• [ASSIGNED TASK] Copy out the entries below exactly as they stand, but only from the line containing "use std::sync::Wait;" through the line containing "had before the".

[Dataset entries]
■ ■ ■ ■ ■ ■ ■
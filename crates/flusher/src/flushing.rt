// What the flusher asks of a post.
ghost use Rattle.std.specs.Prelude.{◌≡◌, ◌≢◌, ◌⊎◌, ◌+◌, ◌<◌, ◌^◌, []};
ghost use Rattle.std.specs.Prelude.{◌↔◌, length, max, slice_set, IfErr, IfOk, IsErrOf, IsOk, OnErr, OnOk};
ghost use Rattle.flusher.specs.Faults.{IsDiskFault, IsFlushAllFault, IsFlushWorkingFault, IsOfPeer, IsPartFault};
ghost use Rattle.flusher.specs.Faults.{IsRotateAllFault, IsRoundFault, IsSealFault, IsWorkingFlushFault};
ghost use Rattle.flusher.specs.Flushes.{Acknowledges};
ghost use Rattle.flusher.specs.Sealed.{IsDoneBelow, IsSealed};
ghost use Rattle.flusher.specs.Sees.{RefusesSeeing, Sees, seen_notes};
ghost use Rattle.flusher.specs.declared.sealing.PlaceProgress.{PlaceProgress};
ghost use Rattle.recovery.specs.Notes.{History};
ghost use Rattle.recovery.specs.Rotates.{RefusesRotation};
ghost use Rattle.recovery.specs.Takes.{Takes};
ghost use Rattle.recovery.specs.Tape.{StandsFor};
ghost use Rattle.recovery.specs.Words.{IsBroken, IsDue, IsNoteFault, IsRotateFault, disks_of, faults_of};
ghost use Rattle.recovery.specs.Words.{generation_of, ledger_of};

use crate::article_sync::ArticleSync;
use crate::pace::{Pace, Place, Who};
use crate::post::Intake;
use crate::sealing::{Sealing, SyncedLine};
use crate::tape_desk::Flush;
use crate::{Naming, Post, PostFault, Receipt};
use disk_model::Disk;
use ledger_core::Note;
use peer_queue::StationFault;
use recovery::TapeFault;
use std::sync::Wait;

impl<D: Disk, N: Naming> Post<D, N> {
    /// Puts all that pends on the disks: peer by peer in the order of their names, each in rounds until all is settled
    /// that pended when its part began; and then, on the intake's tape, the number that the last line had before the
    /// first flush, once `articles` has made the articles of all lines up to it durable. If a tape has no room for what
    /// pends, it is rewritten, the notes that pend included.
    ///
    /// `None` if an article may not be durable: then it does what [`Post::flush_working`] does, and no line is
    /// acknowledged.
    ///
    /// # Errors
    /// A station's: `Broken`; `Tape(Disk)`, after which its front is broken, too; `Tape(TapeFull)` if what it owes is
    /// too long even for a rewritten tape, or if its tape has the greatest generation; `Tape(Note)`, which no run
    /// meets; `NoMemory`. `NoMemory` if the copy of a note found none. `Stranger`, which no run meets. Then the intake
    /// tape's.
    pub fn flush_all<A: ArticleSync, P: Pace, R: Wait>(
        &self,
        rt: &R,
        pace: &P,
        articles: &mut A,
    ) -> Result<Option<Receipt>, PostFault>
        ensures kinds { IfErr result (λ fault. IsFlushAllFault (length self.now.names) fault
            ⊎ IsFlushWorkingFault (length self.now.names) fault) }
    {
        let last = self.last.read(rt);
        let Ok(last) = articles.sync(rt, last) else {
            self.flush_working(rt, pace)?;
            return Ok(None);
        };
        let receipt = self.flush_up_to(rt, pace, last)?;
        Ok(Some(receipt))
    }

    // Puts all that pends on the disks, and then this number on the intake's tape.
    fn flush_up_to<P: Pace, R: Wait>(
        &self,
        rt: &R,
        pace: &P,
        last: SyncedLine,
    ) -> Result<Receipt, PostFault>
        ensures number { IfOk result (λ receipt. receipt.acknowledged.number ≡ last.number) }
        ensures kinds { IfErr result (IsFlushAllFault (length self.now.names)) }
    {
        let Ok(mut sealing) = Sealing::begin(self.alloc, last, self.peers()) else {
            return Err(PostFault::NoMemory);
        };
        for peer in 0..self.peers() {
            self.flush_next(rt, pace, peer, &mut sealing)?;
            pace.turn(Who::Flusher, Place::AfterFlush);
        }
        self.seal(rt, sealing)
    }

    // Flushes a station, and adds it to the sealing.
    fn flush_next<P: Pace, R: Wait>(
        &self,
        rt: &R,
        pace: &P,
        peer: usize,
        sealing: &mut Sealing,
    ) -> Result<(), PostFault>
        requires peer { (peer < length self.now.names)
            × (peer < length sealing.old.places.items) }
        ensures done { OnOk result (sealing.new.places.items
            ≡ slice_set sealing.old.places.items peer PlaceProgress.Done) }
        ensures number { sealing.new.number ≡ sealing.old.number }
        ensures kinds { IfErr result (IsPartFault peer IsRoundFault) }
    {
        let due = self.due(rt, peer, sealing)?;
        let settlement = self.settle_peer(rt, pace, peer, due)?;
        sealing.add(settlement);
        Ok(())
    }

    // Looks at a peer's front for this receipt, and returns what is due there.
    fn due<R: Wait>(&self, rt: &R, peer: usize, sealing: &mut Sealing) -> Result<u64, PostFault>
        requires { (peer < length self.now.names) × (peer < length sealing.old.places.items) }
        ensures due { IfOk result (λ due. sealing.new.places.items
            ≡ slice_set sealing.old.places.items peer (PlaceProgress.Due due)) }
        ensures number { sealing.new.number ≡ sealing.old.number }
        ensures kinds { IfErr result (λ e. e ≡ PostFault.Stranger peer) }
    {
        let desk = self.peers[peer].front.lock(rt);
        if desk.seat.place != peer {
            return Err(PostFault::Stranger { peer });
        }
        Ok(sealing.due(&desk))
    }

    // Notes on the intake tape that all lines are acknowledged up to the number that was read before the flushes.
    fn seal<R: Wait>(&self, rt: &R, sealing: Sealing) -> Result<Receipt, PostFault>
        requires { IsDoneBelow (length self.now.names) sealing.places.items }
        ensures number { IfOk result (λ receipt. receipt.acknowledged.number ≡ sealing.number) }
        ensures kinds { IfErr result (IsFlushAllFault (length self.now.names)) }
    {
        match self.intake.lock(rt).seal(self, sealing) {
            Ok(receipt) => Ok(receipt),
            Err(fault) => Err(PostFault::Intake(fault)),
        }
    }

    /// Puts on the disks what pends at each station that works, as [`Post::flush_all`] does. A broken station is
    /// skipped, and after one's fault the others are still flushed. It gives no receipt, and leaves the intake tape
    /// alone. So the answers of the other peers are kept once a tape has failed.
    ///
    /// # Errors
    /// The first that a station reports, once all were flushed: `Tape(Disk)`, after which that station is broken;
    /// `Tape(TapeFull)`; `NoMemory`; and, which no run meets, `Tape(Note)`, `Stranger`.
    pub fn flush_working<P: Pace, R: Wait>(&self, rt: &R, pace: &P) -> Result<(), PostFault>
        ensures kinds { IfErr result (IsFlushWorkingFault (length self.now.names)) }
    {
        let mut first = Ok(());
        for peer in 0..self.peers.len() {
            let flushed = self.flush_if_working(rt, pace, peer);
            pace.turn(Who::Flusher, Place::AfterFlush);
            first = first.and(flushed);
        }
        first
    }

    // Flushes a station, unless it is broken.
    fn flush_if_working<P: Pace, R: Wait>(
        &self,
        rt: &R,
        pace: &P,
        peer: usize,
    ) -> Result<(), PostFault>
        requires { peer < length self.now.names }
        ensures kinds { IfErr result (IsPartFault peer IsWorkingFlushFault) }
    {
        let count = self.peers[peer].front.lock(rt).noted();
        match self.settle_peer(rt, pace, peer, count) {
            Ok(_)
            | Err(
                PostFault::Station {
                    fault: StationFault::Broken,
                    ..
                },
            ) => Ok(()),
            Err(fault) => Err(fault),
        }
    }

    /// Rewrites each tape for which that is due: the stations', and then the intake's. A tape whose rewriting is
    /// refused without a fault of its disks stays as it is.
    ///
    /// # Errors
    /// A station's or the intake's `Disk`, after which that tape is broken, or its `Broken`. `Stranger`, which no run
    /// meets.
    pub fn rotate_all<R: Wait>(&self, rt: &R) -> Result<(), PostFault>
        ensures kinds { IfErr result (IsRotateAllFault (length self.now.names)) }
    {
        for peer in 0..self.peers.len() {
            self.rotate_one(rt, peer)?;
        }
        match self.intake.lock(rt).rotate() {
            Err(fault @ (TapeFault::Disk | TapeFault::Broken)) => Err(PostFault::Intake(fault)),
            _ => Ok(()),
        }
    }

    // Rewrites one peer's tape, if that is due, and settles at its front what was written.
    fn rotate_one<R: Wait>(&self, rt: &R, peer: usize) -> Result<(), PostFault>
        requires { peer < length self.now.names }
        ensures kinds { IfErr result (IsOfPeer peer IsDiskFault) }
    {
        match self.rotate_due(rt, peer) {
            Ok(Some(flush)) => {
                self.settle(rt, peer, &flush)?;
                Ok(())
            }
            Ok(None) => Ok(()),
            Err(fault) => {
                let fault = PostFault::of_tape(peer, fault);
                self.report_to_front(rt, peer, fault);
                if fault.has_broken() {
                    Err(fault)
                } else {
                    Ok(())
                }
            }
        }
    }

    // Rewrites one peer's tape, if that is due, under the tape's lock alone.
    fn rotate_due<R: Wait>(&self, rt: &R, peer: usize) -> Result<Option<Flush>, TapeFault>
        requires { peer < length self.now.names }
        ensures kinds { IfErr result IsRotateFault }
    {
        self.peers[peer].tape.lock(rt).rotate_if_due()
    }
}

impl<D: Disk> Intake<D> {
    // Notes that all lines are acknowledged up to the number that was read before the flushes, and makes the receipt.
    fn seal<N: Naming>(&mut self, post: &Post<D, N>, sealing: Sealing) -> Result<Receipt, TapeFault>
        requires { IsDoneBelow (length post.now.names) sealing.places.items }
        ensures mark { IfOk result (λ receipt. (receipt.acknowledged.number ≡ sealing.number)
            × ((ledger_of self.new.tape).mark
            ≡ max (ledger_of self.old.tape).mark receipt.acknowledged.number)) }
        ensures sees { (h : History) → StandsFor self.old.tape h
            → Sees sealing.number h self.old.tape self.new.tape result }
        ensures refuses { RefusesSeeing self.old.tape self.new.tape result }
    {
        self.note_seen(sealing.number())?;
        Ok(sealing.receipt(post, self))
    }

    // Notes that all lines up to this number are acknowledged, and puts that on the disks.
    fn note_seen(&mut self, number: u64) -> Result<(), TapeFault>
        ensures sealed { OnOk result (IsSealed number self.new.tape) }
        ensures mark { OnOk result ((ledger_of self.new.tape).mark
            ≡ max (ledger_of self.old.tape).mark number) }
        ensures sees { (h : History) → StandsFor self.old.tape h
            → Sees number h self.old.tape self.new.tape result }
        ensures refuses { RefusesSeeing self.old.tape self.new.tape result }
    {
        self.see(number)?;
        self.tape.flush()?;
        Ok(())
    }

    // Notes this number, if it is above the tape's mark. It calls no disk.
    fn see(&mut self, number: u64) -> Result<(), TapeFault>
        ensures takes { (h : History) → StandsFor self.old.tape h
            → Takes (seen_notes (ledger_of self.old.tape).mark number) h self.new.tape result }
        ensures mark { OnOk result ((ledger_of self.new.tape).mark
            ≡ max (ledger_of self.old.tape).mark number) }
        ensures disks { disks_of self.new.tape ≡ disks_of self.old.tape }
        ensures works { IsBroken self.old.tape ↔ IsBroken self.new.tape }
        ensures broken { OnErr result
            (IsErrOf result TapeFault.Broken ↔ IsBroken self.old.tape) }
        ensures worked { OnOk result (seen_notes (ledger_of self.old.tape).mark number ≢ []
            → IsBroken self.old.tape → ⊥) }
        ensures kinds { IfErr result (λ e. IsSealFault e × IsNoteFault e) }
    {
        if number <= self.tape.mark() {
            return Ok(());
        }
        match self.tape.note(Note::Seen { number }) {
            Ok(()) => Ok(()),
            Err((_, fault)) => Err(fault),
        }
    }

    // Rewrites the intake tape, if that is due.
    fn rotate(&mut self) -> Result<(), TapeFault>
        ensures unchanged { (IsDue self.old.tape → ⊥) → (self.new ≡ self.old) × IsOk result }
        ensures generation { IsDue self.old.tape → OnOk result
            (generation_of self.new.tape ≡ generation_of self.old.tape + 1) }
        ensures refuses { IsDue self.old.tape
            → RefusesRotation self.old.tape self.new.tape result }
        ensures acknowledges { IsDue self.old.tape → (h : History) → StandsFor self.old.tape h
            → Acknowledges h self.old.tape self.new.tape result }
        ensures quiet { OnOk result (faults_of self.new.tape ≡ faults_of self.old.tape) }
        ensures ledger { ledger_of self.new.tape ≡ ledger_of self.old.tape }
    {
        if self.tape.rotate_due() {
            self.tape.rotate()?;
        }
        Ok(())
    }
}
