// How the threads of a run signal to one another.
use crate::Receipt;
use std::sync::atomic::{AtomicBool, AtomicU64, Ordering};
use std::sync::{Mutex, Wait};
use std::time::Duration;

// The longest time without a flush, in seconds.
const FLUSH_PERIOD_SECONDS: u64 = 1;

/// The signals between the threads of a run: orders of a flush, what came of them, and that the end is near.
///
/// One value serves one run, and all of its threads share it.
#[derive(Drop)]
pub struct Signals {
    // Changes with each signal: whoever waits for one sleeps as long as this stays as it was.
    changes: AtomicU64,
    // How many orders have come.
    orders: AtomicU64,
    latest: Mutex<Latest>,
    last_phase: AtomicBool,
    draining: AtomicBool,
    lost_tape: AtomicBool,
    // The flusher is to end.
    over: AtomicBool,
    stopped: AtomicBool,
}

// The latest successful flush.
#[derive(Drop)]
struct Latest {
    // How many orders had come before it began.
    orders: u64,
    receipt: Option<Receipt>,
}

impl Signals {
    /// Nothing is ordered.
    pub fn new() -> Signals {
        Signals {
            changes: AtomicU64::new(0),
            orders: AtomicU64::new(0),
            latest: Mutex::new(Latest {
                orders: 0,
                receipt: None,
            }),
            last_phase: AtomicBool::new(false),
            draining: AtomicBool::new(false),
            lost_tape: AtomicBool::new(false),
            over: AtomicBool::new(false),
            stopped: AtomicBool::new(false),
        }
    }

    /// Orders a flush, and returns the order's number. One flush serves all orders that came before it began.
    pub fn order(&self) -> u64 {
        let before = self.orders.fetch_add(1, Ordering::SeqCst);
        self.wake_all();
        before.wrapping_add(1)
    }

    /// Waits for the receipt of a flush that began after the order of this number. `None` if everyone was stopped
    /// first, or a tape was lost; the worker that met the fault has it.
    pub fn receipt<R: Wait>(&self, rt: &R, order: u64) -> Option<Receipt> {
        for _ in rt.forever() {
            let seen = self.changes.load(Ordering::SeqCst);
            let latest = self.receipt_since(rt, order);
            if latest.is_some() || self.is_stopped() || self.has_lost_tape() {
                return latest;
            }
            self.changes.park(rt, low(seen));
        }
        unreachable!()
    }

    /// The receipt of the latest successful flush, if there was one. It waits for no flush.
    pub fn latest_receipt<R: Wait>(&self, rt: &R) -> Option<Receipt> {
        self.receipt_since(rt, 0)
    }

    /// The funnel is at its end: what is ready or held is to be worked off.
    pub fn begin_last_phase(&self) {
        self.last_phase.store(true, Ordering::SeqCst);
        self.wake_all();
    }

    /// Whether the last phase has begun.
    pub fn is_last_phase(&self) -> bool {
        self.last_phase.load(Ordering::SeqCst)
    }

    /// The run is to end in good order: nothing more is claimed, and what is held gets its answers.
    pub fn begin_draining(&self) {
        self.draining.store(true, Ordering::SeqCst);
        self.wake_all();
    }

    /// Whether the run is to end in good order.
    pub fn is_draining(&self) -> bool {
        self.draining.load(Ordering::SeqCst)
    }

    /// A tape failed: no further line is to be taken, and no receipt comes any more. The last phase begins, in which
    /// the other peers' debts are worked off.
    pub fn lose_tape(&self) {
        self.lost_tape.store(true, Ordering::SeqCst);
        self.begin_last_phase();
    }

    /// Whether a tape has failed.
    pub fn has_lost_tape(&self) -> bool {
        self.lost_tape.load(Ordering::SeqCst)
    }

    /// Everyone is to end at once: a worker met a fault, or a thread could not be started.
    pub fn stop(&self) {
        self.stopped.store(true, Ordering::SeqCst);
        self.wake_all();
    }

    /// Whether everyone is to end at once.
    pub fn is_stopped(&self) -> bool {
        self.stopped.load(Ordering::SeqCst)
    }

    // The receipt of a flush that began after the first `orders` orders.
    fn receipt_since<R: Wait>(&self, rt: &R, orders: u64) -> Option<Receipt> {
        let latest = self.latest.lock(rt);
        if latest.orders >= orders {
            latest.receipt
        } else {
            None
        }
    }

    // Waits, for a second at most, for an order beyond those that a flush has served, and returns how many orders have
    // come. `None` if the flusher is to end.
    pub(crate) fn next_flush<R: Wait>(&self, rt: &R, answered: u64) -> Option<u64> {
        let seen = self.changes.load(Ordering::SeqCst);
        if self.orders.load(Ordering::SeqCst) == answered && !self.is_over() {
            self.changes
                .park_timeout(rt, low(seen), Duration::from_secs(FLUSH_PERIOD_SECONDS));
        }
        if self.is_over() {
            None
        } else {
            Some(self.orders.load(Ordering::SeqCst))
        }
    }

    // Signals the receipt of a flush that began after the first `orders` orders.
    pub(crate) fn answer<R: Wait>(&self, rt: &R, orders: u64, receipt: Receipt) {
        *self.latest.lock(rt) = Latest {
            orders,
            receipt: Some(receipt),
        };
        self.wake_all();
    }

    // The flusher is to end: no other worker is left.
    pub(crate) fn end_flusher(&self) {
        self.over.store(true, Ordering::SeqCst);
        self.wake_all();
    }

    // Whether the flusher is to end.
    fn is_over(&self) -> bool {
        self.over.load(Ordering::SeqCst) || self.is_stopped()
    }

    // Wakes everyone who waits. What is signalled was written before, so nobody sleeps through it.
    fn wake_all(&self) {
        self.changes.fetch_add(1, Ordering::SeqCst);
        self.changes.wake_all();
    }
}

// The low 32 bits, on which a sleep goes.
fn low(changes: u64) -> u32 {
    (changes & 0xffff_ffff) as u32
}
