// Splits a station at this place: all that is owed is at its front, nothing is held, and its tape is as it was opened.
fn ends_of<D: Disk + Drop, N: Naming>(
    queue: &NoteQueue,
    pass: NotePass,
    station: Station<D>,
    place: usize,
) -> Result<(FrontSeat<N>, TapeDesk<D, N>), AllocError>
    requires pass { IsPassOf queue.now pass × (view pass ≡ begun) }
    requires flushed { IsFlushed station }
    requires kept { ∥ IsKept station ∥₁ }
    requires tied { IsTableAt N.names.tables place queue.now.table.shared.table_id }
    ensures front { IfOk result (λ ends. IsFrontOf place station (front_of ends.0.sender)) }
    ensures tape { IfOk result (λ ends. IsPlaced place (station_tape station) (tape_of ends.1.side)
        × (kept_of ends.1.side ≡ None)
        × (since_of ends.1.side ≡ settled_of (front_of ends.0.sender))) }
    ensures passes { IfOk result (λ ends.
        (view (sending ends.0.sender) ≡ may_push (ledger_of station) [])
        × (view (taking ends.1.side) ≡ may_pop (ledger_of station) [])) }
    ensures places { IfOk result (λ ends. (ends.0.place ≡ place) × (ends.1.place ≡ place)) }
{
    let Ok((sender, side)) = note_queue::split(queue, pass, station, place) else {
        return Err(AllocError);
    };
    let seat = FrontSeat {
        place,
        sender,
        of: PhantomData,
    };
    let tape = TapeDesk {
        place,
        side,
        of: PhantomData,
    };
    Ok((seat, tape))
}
■ ■ ■ ■ ■ ■ ■
• [THE COMPLETED TASK]
use std::sync::Wait;

impl<D: Disk, N: Naming> Post<D, N> {
    /// Puts all that pends on the disks: peer by peer in the order of their names, each in rounds until all is settled
    /// that pended when its part began; and then, on the intake's tape, the number that the last line had before the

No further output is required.